In other words, your first sentence generator should use the distribution $P (w)$, the second one $P (w_i|w_{i−1}) $ and the
third one $P (w_i|w_{i−1}, w_{i−2})$. The sentence should be returned as a string. Use the following naming conventions:
- `generate_sentence_unigram()`
- `generate_sentence_bigram()`
- `generate_sentence_trigram()`

In [36]:
def generate_sentence_unigram(words):
    # this code exactly mimics the pseudo code of the slides 
    eos=False
    sentence='' # initialize the sentence with an empty string 
    while not eos:
        w=sample('unigram', words) # sample from unigram 
        sentence+=w+ ' ' # add the word 
        if w=='.': # stop if a dot is sampled 
            eos=True
    
    return sentence


In [40]:
generate_sentence_unigram(words)

"identity is as the his is been short was traveling and on of an mort front satisfactory familiar -- spite branch on program they ghosts or produced bones the lindsey's time stop many of of them sharp of were the mere could they house a that as minneapolis . "

In [41]:
def generate_sentence_bigram(words, probs):
    
    eos=False
    w1 = sample('unigram', words)# get the starting word froma  unigram
    if w1=='.': # check the same stopping conditiona as in the sentence generated by the unigram
        eos=True

    while not eos:
        w=sample('bigram', words, w1, probs= probs )[-1] # get the last word in the tuple 
        sentence+= ' ' + w # add the word 
        if w=='.': # check the conditiona again 
            eos=True
        w1=w # the current word becomes the prevous one 
    
    return sentence
    

In [44]:
generate_sentence_bigram(words, probs) 

'was not already given to the world and different scanning techniques may be quickly as a central wrangled among other test predispositions destructive of the winter sky was obvious that only by lot of an important because of the peasants still every first contact a man to his work the af curve is always had a good thing to feel the wall street .'

In [45]:
def generate_sentence_trigram(words, probs):

    eos=False
    # sample w2 and w1 
    w2=sample('unigram', words) 
    w1=sample('bigram', words, w1=w2, probs=probs)[-1] # sample w1 using w2 as previous word and get only the last elemnt of the tuple

    if w2=='.': # same stopping condition if the first word is a dot 
        eos=True
        
    sentence=w2+' '+ w1+' ' # concatenate the two words  
    if w1=='.':
        eos=True

    while not eos:
        wi=sample('trigram',words, probs=probs, w1=w1, w2=w2)[-1] # sample from the trigram and get the last word of the triple 
        
        sentence+=wi+' ' # add the new word 
        
        if wi=='.': # check the condition again 
            eos=True

        w2=w1 # wi-2 <-- wi-1
        w1=wi # wi-1 <-- wi 
        # and look for the new wi


    return sentence


In [48]:
generate_sentence_trigram(words,probs) 

'in their first three games the longhorns have had the ball and handed it back . '

c) Describe the results of the three sentence generators you implemented.
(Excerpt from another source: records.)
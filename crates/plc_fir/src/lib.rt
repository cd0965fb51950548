// The all-zero filter.

#![tactic(auto)]

ghost use Rattle.std.specs.Prelude.{◌≡◌, ◌+◌, ◌-◌, ◌≤◌, ◌<◌, length};
ghost use Rattle.loops.specs.Front.{tab};
ghost use Rattle.reply.specs.Reply.{replied, reply_if};
ghost use Rattle.plc_fir.specs.Fir.{celt_fir, celt_fir_from, fir_takes};
ghost use Rattle.plc_pad.specs.Pad.{Remembers, Holds, taps_row};

use plc_pad::{NEWEST, ORDER};
use reply::Refused;

// The samples that are filtered at most.
const LONGEST: usize = history::HALF;

// The samples of buf behind their memory.
fn padded(buf: &[f32], mem: &[f32]) -> [f32; ORDER + LONGEST]
    requires { (length buf.now ≤ LONGEST) × (length mem.now ≤ ORDER) }
    ensures { Remembers result mem.now × Holds result buf.now (length buf.now) }
{
    // The longest that is taken, cut to buf's: there is no heap.
    let mut pad = [0.0f32; ORDER + LONGEST];
    plc_pad::remember(&mut pad, mem).unwrap();
    pad[ORDER..ORDER + buf.len()].copy_from_slice(buf);
    pad
}

// Adds to each of out's samples its taps in order; row by row, so that neighbouring samples run side by side.
// By place: a zip with `iter_mut` tells a proof the items, not the list that they leave.
// The loop within is that of plc_correlate and of plc's autocorrelation too: one function for the three would be public,
// and have to answer a list that is too short.
fn add_taps(out: &mut [f32], num: &[f32], pad: &[f32])
    requires { (length num.now ≤ ORDER) × (length pad.now ≡ length out.old + ORDER) }
    ensures { out.new
        ≡ tab (taps_row num.now pad.now out.old (length num.now)) (length out.old) }
{
    for (j, c) in num.iter().enumerate() {
        for (i, sum) in out.iter_mut().enumerate() {
            *sum += *c * pad[NEWEST + i - j];
        }
    }
}

// Filters from a place of buf on.
fn filter_from(buf: &mut [f32], from: usize, num: &[f32], mem: &[f32])
    requires { (length num.now ≡ length mem.now) × (length mem.now ≤ ORDER) × (length buf.old ≤ LONGEST)
        × (from < length buf.old) }
    ensures { buf.new ≡ celt_fir_from from num.now mem.now buf.old }
{
    let pad = padded(buf, mem);
    let end = buf.len() + ORDER;
    add_taps(&mut buf[from..], num, &pad[from..end]);
}

// Filters from place `from` on; what stands before it is read, so that a part from there on could not be lent alone, and stays.
// Three slices: buf is changed, and taps and memory have owners of their own.
// mem, the inputs before the start with the most recent first, is as long as num, 24 at most, and buf 1,024 at most;
// else refused, and buf stays.
#[tactic(auto, using(std::proofs::lemmas::Bool::Decides::nat_tests), unfolding(reply::specs::Reply::reply_if))]
pub fn celt_fir_from(buf: &mut [f32], from: usize, num: &[f32], mem: &[f32]) -> Result<(), Refused>
    ensures { replied result buf.new
        ≡ reply_if (fir_takes (length num.now) (length mem.now) (length buf.old))
        (celt_fir_from from num.now mem.now buf.old) buf.old }
{
    if num.len() != mem.len() || ORDER < num.len() || LONGEST < buf.len() {
        return Err(Refused);
    }
    if from < buf.len() {
        filter_from(buf, from, num, mem);
    }
    Ok(())
}

// Filters all of buf, with the same refusals.
pub fn celt_fir_inplace(buf: &mut [f32], num: &[f32], mem: &[f32]) -> Result<(), Refused>
    ensures { replied result buf.new
        ≡ reply_if (fir_takes (length num.now) (length mem.now) (length buf.old))
        (celt_fir num.now mem.now buf.old) buf.old }
{
    celt_fir_from(buf, 0, num, mem)
}
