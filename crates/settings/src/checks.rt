// The settings that are refused: each check passes, or refuses for its own reason.
// Functions, and no methods of `Settings`: under these names the definitions have them, and promises, edits and proofs cite them.
ghost use Rattle.std.specs.Prelude.{◌≡◌, cond, eqb};
ghost use Rattle.settings.specs.Number.{number_of, number_in, within};
ghost use Rattle.settings.specs.Settings.{check_end, check_downsample, check_settings};

use crate::{Refusal, Settings};

// The mode's own numbers as u32, the width of the settings' words with which they are compared. By `as`: std has no `From` of
// usize to u32, and a constant calls no `try_from`.
pub const LM_MOST: u32 = custom_mode::standard::LM_MOST as u32;

const CHANNELS_MOST: u32 = custom_mode::standard::CHANNELS as u32;

pub const BANDS: u32 = custom_mode::standard::BANDS as u32;

// Refused with e where a check does not pass.
pub fn unless(passes: bool, e: Refusal) -> Result<(), Refusal>
    ensures { number_in result ≡ cond passes 0 (number_of e) }
{
    passes.then_some(()).ok_or(e)
}

// Whether x lies from lo to hi: one library call, beside the definitions' `within`. What it promised stays, and is all that the
// checks' proofs cite.
pub fn is_within(lo: u32, hi: u32, x: u32) -> bool
    ensures { result ≡ within lo hi x }
{
    (lo..=hi).contains(&x)
}

fn check_end(start: u32, end: u32) -> Result<(), Refusal>
    ensures { number_in result ≡ check_end start end }
{
    unless(start < end && end <= BANDS, Refusal::BadEnd)
}

fn check_downsample(d: u32) -> Result<(), Refusal>
    ensures { number_in result ≡ check_downsample d }
{
    unless(d == 6 || is_within(1, 4, d), Refusal::BadDownsample)
}

#[tactic(auto, using(crate::proofs::Table::exit_number), unfolding(crate::specs::Settings::check_settings, crate::specs::Number::or_else))]
pub fn check_settings(k: Settings) -> Result<(), Refusal>
    ensures { number_in result ≡ check_settings k }
{
    unless(k.lm <= LM_MOST, Refusal::BadLm)?;
    unless(
        is_within(1, CHANNELS_MOST, k.channels),
        Refusal::BadChannels,
    )?;
    unless(k.start < BANDS, Refusal::BadStart)?;
    check_end(k.start, k.end)?;
    check_downsample(k.downsample)
}

pub fn settings_pass(k: Settings) -> bool
    ensures { result ≡ eqb (check_settings k) 0 }
{
    check_settings(k).is_ok()
}
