// The settings of a stream, which of them are refused, and what a call is refused for.

#![tactic(auto)]

ghost use Rattle.std.specs.Prelude.{◌≡◌};
ghost use Rattle.settings.specs.Number.{number_of};
ghost use Rattle.settings.specs.Settings.{stereo};

use std::error::Error;
use std::fmt;

pub mod checks;

// The settings of a stream; the frame is 120 * 2 ^ lm samples long. Numbers, as a state's words have them: any can come, and the
// checks refuse those that mean nothing.
#[derive(Clone, Copy, Debug, PartialEq, Eq)]
pub struct Settings {
    pub lm: u32,
    pub channels: u32,
    pub start: u32,
    pub end: u32,
    pub downsample: u32,
}

impl Settings {
    // Whether the second channel is used.
    #[tactic(auto, unfolding(crate::specs::Settings::stereo))]
    pub fn is_stereo(self) -> bool
        ensures { result ≡ stereo self }
    {
        self.channels == 2
    }
}

// Why a call is refused.
#[derive(Clone, Copy, Debug, PartialEq, Eq)]
pub enum Refusal {
    BadLm,
    BadChannels,
    BadStart,
    BadEnd,
    BadDownsample,
    CountFull,
    BadLag,
    BadFilter,
    BadHistory,
    ShortPcm,
}

impl fmt::Display for Refusal {
    fn fmt<W: fmt::Write>(&self, f: &mut fmt::Formatter<W>) -> fmt::Result {
        f.write_str(match self {
            Refusal::BadLm => "lm above 3",
            Refusal::BadChannels => "channels not 1 or 2",
            Refusal::BadStart => "start above 20",
            Refusal::BadEnd => "end not above start, or above 21",
            Refusal::BadDownsample => "downsample not 1, 2, 3, 4 or 6",
            Refusal::CountFull => "loss count 4,294,967,295",
            Refusal::BadLag => "start 0, loss count 1 to 4, lag outside 102 to 720",
            Refusal::BadFilter => "filter period outside 15 to 1,022, or tapset above 2",
            Refusal::BadHistory => "history not 4,336 samples",
            Refusal::ShortPcm => "PCM buffer shorter than needed",
        })
    }
}

impl Error for Refusal {}

// Document 01's number.
impl From<Refusal> for u32 {
    ghost from_gives = { λ e n. n ≡ number_of e };

    fn from(e: Refusal) -> u32 {
        match e {
            Refusal::BadLm => 1,
            Refusal::BadChannels => 2,
            Refusal::BadStart => 3,
            Refusal::BadEnd => 4,
            Refusal::BadDownsample => 5,
            Refusal::CountFull => 6,
            Refusal::BadLag => 7,
            Refusal::BadFilter => 8,
            Refusal::BadHistory => 9,
            Refusal::ShortPcm => 10,
        }
    }
}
Try to explain the results.\
(*1 point*)

The more we shift towards trigram generated phrases from the unigram ones, we can observe the following:
- Phrases are shorter but more meaningful. 
- The algorithm becomes even more sensitive to initial choice of words, leading to a time increse of sentence generation (i.e. bad starting point can lead to very high waiting time).